Dietary polyphenols are natural phytochemical
compounds and include the phenolic acid chlorogenic acid, a
hydroxycinnamic acid derivative. Studies demonstrate rapid
absorption of the polyphenolic compounds from the intestine.
Many healthful benefits are attributed to polyphenols, such
as antioxidant, antiallergic, anti-inflammatory, anti-viral
and anti-microbial, anti-proliferative, anti-mutagenic,
anti-carcinogenic, free radical scavenging, and induction of
International Journal of Diabetes Research 2016, 5(6): 129-134 131
antioxidant enzymes [19, 20]. There is also some evidence of
modulation of signalling pathways such as nuclear factor
kappa-B (NF-κB) and mitogen-activated protein kinases
(MAPK) [16].
Table 1. Organic acids in ACV
Compound Concentration (g/L)
Acetic Acid 50.9
Citric Acid 0.02
Formic Acid 0.28
Lactic Acid 0.38
Malic Acid 3.56
Succinic Acid 0.27
Fructose 6.83
Acetoin 0.21
2,3-Butanediol 0.37
Ethanol 1.03
Ethyl acetate 0.14
Values adopted from Caligiani et al (2007) [18]
5. Management of Hyperglycaemia
Using ACV
Hemoglobin A1c (HbA1c) level measures the glycation of
hemoglobin, accurately identifies the average plasma
glucose concentration over the previous three months. A
study which investigated the effect acetic acid had on HbA1c
in type 2 diabetics, found that Hb1Ac values fell by 0.16%
units over the course of the 12-week trial, compared with
controls who did not ingest any vinegar, where HbA1c levels
rose by 0.06% [21]. HbA1c in diabetic rats was also
significantly lowered with ACV consumption [22].
Several mechanisms may explain the ways in which acetic
acid lowers plasma glucose have been suggested. These
include inhibition of disaccharidase activity [23-25] and/or
decrease in the hydrolytic enzyme α-amylase [26], delayed
gastric emptying [27, 28] and an enhanced glucose uptake
and conversion to glycogen in the periphery [23, 29, 30].

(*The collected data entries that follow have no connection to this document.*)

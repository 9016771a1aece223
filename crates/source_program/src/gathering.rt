ghost use Rattle.std.specs.Prelude.{◌≡◌, ◌≢◌, [], true, false, All, IfErr, IfOk, IsOkUnless, OnOk, map};
ghost use Rattle.source_program.specs.Forms.{HasModes};
ghost use Rattle.source_program.specs.Keys.{Key};
ghost use Rattle.source_program.specs.KeySets.{is_among, with_key};
ghost use Rattle.source_program.specs.Limits.{KeptLimits, IsLimit};
ghost use Rattle.source_program.specs.TextKeys.{declared, defined, entry_row, clause_row, clause_key_row, entries_with, clauses_with, keys_with, is_declared};
ghost use Rattle.source_program.specs.TextRefusals.{HaveForms, IsText, IsTextRefusal, IsEntryRefusal, IsKnown, IsFaultBy};

use crate::clause_form::{ClauseForm, NamedClause, clause_form};
use crate::clause_limits::ClauseLimits;
use crate::fault::GatherFault;
use crate::predicate::Predicate;
use crate::predicate_set::PredicateSet;
use crate::predicates::Predicates;
use crate::program::Program;
use crate::source_clauses::SourceClauses;
use aq_base::refusal::{FormKind, Refusal};
use aq_term::atom::Atom;
use aq_term::atoms::Atoms;
use aq_term::entries::Entries;
use aq_term::memory::Memory;
use aq_term::read_terms::ReadTerms;
use std::alloc::Global;

/// The program that the clauses make. Else it is refused for the first cause, in this order: the first clause that has no form of the
/// language, a second entry for one predicate among them; the first clause past a limit; no entry; the first entry whose predicate has no
/// clause.
pub fn gather(alloc: Global, clauses: &ReadTerms, atoms: &Atoms) -> Result<Program, GatherFault>
    ensures refused { IfErr result (IsFaultBy (IsTextRefusal clauses.now)) }
    ensures accepted { OnOk result (IsText clauses.now) }
    ensures entries { IfOk result (λ program. map entry_row program.entries ≡ declared clauses.now) }
    ensures modes { IfOk result (λ program. All HasModes program.entries) }
{
    let forms = Forms::of(alloc, clauses, atoms)?;
    test_limits(alloc, forms.clauses.as_slice())?;
    let Forms { clauses, entries } = forms;
    let gathered = Gathered::of(alloc, clauses)?;
    test_entries(&entries, &gathered)?;
    let Gathered {
        keys: _,
        predicates,
    } = gathered;
    Ok(Program {
        predicates: Predicates::from_vec(predicates),
        entries,
    })
}

/// The clauses of a text that are no directives, and the entries that it declares.
#[derive(Drop)]
struct Forms {
    clauses: Vec<NamedClause>,
    entries: Entries,
}

impl Forms {
    fn of(alloc: Global, clauses: &ReadTerms, atoms: &Atoms) -> Result<Forms, GatherFault>
        ensures forms { OnOk result (HaveForms clauses.now) }
        ensures clauses { IfOk result (λ forms. map clause_row forms.clauses.items ≡ defined clauses.now) }
        ensures entries { IfOk result (λ forms. map entry_row forms.entries ≡ declared clauses.now) }
        ensures modes { IfOk result (λ forms. All HasModes forms.entries) }
        ensures refused { IfErr result (IsFaultBy (IsTextRefusal clauses.now)) }
    {
        let mut forms = Forms {
            clauses: Vec::new(alloc),
            entries: Entries::new(alloc),
        };
        let mut declared = PredicateSet::new(alloc);
        for (index, read) in clauses.as_slice().iter().enumerate() {
            let number = index as u64 + 1;
            match clause_form(alloc, read, atoms, number) {
                Ok(form) => forms.add(form, number, &mut declared)?,
                Err(fault) => return Err(GatherFault::of_form(number, fault)),
            }
        }
        Ok(forms)
    }

    /// Adds what the clause of this number is. A second entry for one predicate is the fault of its directive.
    fn add(
        &mut self,
        form: ClauseForm,
        number: u64,
        declared: &mut PredicateSet,
    ) -> Result<(), GatherFault>
        ensures is_new { OnOk result (is_declared form declared.old ≡ false) }
        ensures entries { OnOk result (self.new.entries ≡ entries_with form self.old.entries) }
        ensures clauses { OnOk result (self.new.clauses.items ≡ clauses_with form self.old.clauses.items) }
        ensures keys { OnOk result (declared.new ≡ keys_with form declared.old) }
        ensures refused { IfErr result (IsFaultBy (λ r. (is_declared form declared.old ≡ true) × (r ≡ Refusal.Form number FormKind.Directive))) }
    {
        match form {
            ClauseForm::Clause(clause) => self.clauses.push(clause)?,
            ClauseForm::Entry(entry) => {
                let added = declared.add(entry.name, entry.arity as usize)?;
                if !added.is_new {
                    return Err(GatherFault::Refused(Refusal::Form {
                        clause: number,
                        kind: FormKind::Directive,
                    }));
                }
                self.entries.push(entry)?;
            }
        }
        Ok(())
    }
}

/// Tests the limits of each clause, in the order of the text.
fn test_limits(alloc: Global, clauses: &[NamedClause]) -> Result<(), GatherFault>
    ensures kept { OnOk result (KeptLimits (map clause_row clauses.now)) }
    ensures refused { IfErr result (IsFaultBy (IsLimit (map clause_row clauses.now))) }
{
    let mut limits = ClauseLimits::new();
    for named in clauses {
        if let Some(kind) = limits.passed_by(alloc, &named.clause)? {
            return Err(GatherFault::Refused(Refusal::Limit {
                clause: named.clause.number,
                kind,
            }));
        }
    }
    Ok(())
}

/// The predicates in the order of their first clauses, with their names and arities in the same order.
#[derive(Drop)]
struct Gathered {
    keys: PredicateSet,
    predicates: Vec<Predicate>,
}

impl Gathered {
    fn of(alloc: Global, clauses: Vec<NamedClause>) -> Result<Gathered, GatherFault>
        ensures memory { IsOkUnless result GatherFault.Memory }
        ensures keys { IfOk result (λ gathered. (k : Key) → is_among gathered.keys k ≡ is_among (map clause_key_row clauses.items) k) }
    {
        let mut gathered = Gathered {
            keys: PredicateSet::new(alloc),
            predicates: Vec::new(alloc),
        };
        for named in clauses {
            gathered.add(alloc, named)?;
        }
        Ok(gathered)
    }

    fn add(&mut self, alloc: Global, named: NamedClause) -> Result<(), GatherFault>
        ensures memory { IsOkUnless result GatherFault.Memory }
        ensures keys { OnOk result (self.new.keys ≡ with_key self.old.keys (clause_key_row named)) }
    {
        let NamedClause { name, clause } = named;
        let arity = clause.head.len();
        let added = self.keys.add(name, arity)?;
        match self.predicates.get_mut(added.place) {
            Some(predicate) => predicate.clauses.push(clause)?,
            None => {
                let Ok(arity) = u8::try_from(arity) else {
                    return Err(GatherFault::Memory);
                };
                let mut clauses = SourceClauses::new(alloc);
                clauses.push(clause)?;
                self.predicates.push(Predicate {
                    name,
                    arity,
                    clauses,
                })?;
            }
        }
        Ok(())
    }

    fn has(&self, name: Atom, arity: u8) -> bool
        ensures { result ≡ is_among self.now.keys (name.number, arity) }
    {
        self.keys.has(name, arity as usize)
    }
}

/// There is an entry, and each names a predicate.
fn test_entries(entries: &Entries, gathered: &Gathered) -> Result<(), GatherFault>
    ensures entered { OnOk result (map entry_row entries.now ≢ []) }
    ensures defined { OnOk result (All (IsKnown (is_among gathered.now.keys)) (map entry_row entries.now)) }
    ensures refused { IfErr result (IsFaultBy (IsEntryRefusal (map entry_row entries.now) (is_among gathered.now.keys))) }
{
    let entries = entries.as_slice();
    if entries.is_empty() {
        return Err(GatherFault::Refused(Refusal::NoEntry));
    }
    for entry in entries {
        if !gathered.has(entry.name, entry.arity) {
            return Err(GatherFault::Refused(Refusal::EntryUndefined {
                clause: entry.clause,
            }));
        }
    }
    Ok(())
}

Delayed gastric emptying was noted in healthy subjects
who consumed white bread along with a white vinegar
dressing which contained olive oil (18mmol acetic acid in
20g vinegar). White vinegar is an aqueous solution
containing approximaetly 6% acetic acid. Gastric emptying
rate was indirectly measured through consumption of
paracetamol baked into white bread; the blood paracetamol
level was lower in the vinegar group compared with the
control group. During the postprandial phase subjects who
had consumed vinegar had significantly lower blood glucose
levels and the insulin response in these subjects was also
noted to be significantly lower compared with the reference
meal [28]. Paracetamol however, may be absorbed and
metabolised at different rates. Other research has also found
a link to acetic acid consumption with delayed gastric
emptying [27].
Recent investigation found that ACV had a stronger
ability to lower plasma glucose levels than acetic acid alone
[26]. This study found that it was not until day 7 that ACV
significantly reduced plasma glucose levels in diabetic mice.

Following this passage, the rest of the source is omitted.